START Task input
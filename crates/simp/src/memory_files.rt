// The memory files and the irq2 file, read and written.
// Stays (2): the C interface has a call for each memory.
ghost use Rattle.std.specs.Prelude.{length};
ghost use Rattle.files.specs.Sizes.{is_image_length, is_data_length, is_frame_length, is_part_length, is_disk_part, image_digits, word_digits, frame_digits};
ghost use Rattle.files.specs.MemoryFile.{file_text, sectors_of};
ghost use Rattle.simp.specs.Files.{Reads, ReadsCycles, Writes};

use files::{
    read_data, read_disk, read_frame, read_image, read_irq2, write_data, write_disk, write_frame,
    write_image,
};
use text::outcomes::{counted, done};

// Reads an instruction file into an image.
pub fn simp_read_image(text: &[u8], image: &mut [u64], place: &mut u64) -> u32
    ensures { Reads image_digits is_image_length text.now image.old result image.new place.new }
{
    let outcome = done(read_image(text, image));
    *place = outcome.place as u64;
    outcome.number
}

// Reads a file of data into a data memory.
pub fn simp_read_data(text: &[u8], memory: &mut [u32], place: &mut u64) -> u32
    ensures { Reads word_digits is_data_length text.now memory.old result memory.new place.new }
{
    let outcome = done(read_data(text, memory));
    *place = outcome.place as u64;
    outcome.number
}

// Reads a file of disk words into a part of whole sectors.
pub fn simp_read_disk(text: &[u8], part: &mut [u32], place: &mut u64) -> u32
    ensures { Reads word_digits is_part_length text.now part.old result part.new place.new }
{
    let outcome = done(read_disk(text, part));
    *place = outcome.place as u64;
    outcome.number
}

// Reads a file of the frame into a frame.
pub fn simp_read_frame(text: &[u8], frame: &mut [u8], place: &mut u64) -> u32
    ensures { Reads frame_digits is_frame_length text.now frame.old result frame.new place.new }
{
    let outcome = done(read_frame(text, frame));
    *place = outcome.place as u64;
    outcome.number
}

// Reads an irq2 file into the front of a list of cycles.
pub fn simp_read_irq2(text: &[u8], cycles: &mut [u64], count: &mut u64, place: &mut u64) -> u32
    ensures { ReadsCycles text.now cycles.old result cycles.new count.new place.new }
{
    let outcome = counted(read_irq2(text, cycles));
    *count = outcome.count as u64;
    *place = outcome.place as u64;
    outcome.number
}

// Writes an image as an instruction file into the front of a text.
pub fn simp_write_image(image: &[u64], text: &mut [u8], count: &mut u64) -> u32
    ensures { Writes (is_image_length (length image.now)) (file_text image_digits image.now) text.old result text.new count.new }
{
    let outcome = counted(write_image(image, text));
    *count = outcome.count as u64;
    outcome.number
}

// Writes a data memory into the front of a text.
pub fn simp_write_data(memory: &[u32], text: &mut [u8], count: &mut u64) -> u32
    ensures { Writes (is_data_length (length memory.now)) (file_text word_digits memory.now) text.old result text.new count.new }
{
    let outcome = counted(write_data(memory, text));
    *count = outcome.count as u64;
    outcome.number
}

// Writes so many sectors of a disk, from sector `first` on, into the front of a text.
pub fn simp_write_disk(
    disk: &[u32],
    first: u64,
    sectors: u64,
    text: &mut [u8],
    count: &mut u64,
) -> u32
    ensures { Writes (is_disk_part (length disk.now) first sectors) (file_text word_digits (sectors_of disk.now first sectors)) text.old result text.new count.new }
{
    let outcome = counted(write_disk(disk, first as usize, sectors as usize, text));
    *count = outcome.count as u64;
    outcome.number
}

// Writes a frame into the front of a text.
pub fn simp_write_frame(frame: &[u8], text: &mut [u8], count: &mut u64) -> u32
    ensures { Writes (is_frame_length (length frame.now)) (file_text frame_digits frame.now) text.old result text.new count.new }
{
    let outcome = counted(write_frame(frame, text));
    *count = outcome.count as u64;
    outcome.number
}
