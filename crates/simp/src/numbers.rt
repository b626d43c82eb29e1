// A record and its 40 numbers.
// Stays (1, 4, 5, 6): the C interface has a record as 40 numbers; one that is too wide is refused as unsound after the questions before it, in the documents' order.
ghost use Rattle.std.specs.Prelude.{◌≡◌, false, length};
ghost use Rattle.saved.specs.Sound.{is_sound};
ghost use Rattle.simp.specs.Numbers.{record_numbers, numbers_of, StandsFor};

use bitpack::all_fit;
use machine::Record;
use saved::fields::fields;
use saved::fresh_record;
use saved::layout::{EDITION, WIDTHS};

// How many numbers a record is.
pub const RECORD_NUMBERS: usize = 40;

// The record of 40 numbers; one that is not sound where a number is too wide for its field.
pub fn record_of(numbers: &[u64]) -> Record
    requires { length numbers.now ≡ record_numbers }
    ensures { StandsFor numbers.now result }
{
    let mut f: [u64; 45] = [0; 45];
    f[0] = EDITION;
    f[1..39].copy_from_slice(&numbers[..38]);
    f[41..43].copy_from_slice(&numbers[38..]);
    let widths = WIDTHS;
    if !all_fit(&widths, &f) {
        return unsound_record();
    }
    saved::fields::record_of(f)
}

// A record that is not sound: its status is 6.
fn unsound_record() -> Record
    ensures { is_sound result ≡ false }
{
    let mut r = fresh_record();
    r.core.status = 6;
    r
}

// Sets 40 numbers to those of a record.
pub fn put_numbers(r: Record, numbers: &mut [u64])
    requires { length numbers.old ≡ record_numbers }
    ensures { numbers.new ≡ numbers_of r }
{
    let f = fields(r);
    numbers[..38].copy_from_slice(&f[1..39]);
    numbers[38..].copy_from_slice(&f[41..43]);
}
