// The command `sim`: document 003's simulator, whose fourteen files stand in its order.
// Stays (4, 5, 6, 7): the arguments' places are the course paper's order, so each file has its own line; a copy of the record outlives the end's.
ghost use Rattle.std.specs.Prelude.{◌≡◌, true, ◌+◌, ◌^◌, ◌<◌};
ghost use Rattle.files.specs.Irq2File.{rising};

use crate::LogFiles;
use crate::ends::write_ends;
use crate::logs::{are_open, begin_logs, commit_logs, drop_logs};
use crate::report::{say_log_unwritten, say_stop};
use console::say;
use long_run::{Sink, run_on};
use memories::{load_data_at, load_disk_at, load_image_at, load_irq2_at, names_clash};
use saved::fresh_record;

// Reads the instruction file, the file of data, the disk and the irq2 file that the arguments from `first` on name, runs the program from the fresh
// record with so much budget, and writes the ten files that the next arguments name.
pub fn simulate(rt: HostRuntime, first: usize, budget: u64)
    requires { first + 14 < 2 ^ 64 }
{
    if names_clash(rt, first, 4, 14) {
        return;
    }
    let _ = simulate_files(rt, first, budget);
}

// The same with names that do not clash; none where a file is refused, as is said.
fn simulate_files(rt: HostRuntime, first: usize, budget: u64) -> Option<()>
    requires { first + 14 < 2 ^ 64 }
{
    let mut image = [0u64; 4096];
    let mut memory = [0u32; 4096];
    let mut disk = [0u32; 16384];
    let mut cycles = [0u64; 16384];
    load_image_at(rt, first, &mut image)?;
    load_data_at(rt, first + 1, &mut memory)?;
    load_disk_at(rt, first + 2, &mut disk)?;
    let n = load_irq2_at(rt, first + 3, &mut cycles)?;
    run_logged(
        rt,
        first,
        &image,
        &mut memory,
        &mut disk,
        &cycles[..n],
        budget,
    );
    Some(())
}

// Runs the program, its log going to four files.
fn run_logged(
    rt: HostRuntime,
    first: usize,
    image: &[u64; 4096],
    memory: &mut [u32; 4096],
    disk: &mut [u32; 16384],
    irq2: &[u64],
    budget: u64,
)
    requires { (first + 14 < 2 ^ 64) × (rising irq2.now ≡ true) }
{
    let logs = begin_logs(rt, first);
    if !are_open(&logs) {
        drop_logs(rt, first, logs);
        return;
    }
    run_split(rt, first, image, memory, disk, irq2, budget, logs);
}

// The same with the four files open.
fn run_split(
    rt: HostRuntime,
    first: usize,
    image: &[u64; 4096],
    memory: &mut [u32; 4096],
    disk: &mut [u32; 16384],
    irq2: &[u64],
    budget: u64,
    logs: LogFiles,
)
    requires { (first + 14 < 2 ^ 64) × (rising irq2.now ≡ true) }
{
    let mut frame = [0u8; 65536];
    let start = fresh_record();
    let to = Sink::Split(&logs.trace, &logs.hwregtrace, &logs.leds, &logs.display7seg);
    let end = run_on(rt, start, image, memory, disk, &mut frame, irq2, budget, to);
    if !end.written {
        drop_logs(rt, first, logs);
        say_log_unwritten(rt);
        return;
    }
    let has_logs = commit_logs(rt, first, logs);
    let state = end.state;
    let has_ends = write_ends(rt, first, state, memory, disk, &frame);
    say_stop(rt, state.core);
    if !(has_logs && has_ends) {
        say(rt, b"not all files are written\n");
    }
}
END Task input
▸ **Task description**:
Find "Reads frame_digits is_frame_length" in the entries above and copy that whole line exactly, then each line after it through the line that contains "pub fn simp_read_irq2(text: &[u8], cycles: &mut".

▸ **Response for this exercise**:
    ensures { Reads frame_digits is_frame_length text.now frame.old result frame.new place.new }
{
    let outcome = done(read_frame(text, frame));
    *place = outcome.place as u64;
    outcome.number
}

// Reads an irq2 file into the front of a list of cycles.
pub fn simp_read_irq2(text: &[u8], cycles: &mut [u64], count: &mut u64, place: &mut u64) -> u32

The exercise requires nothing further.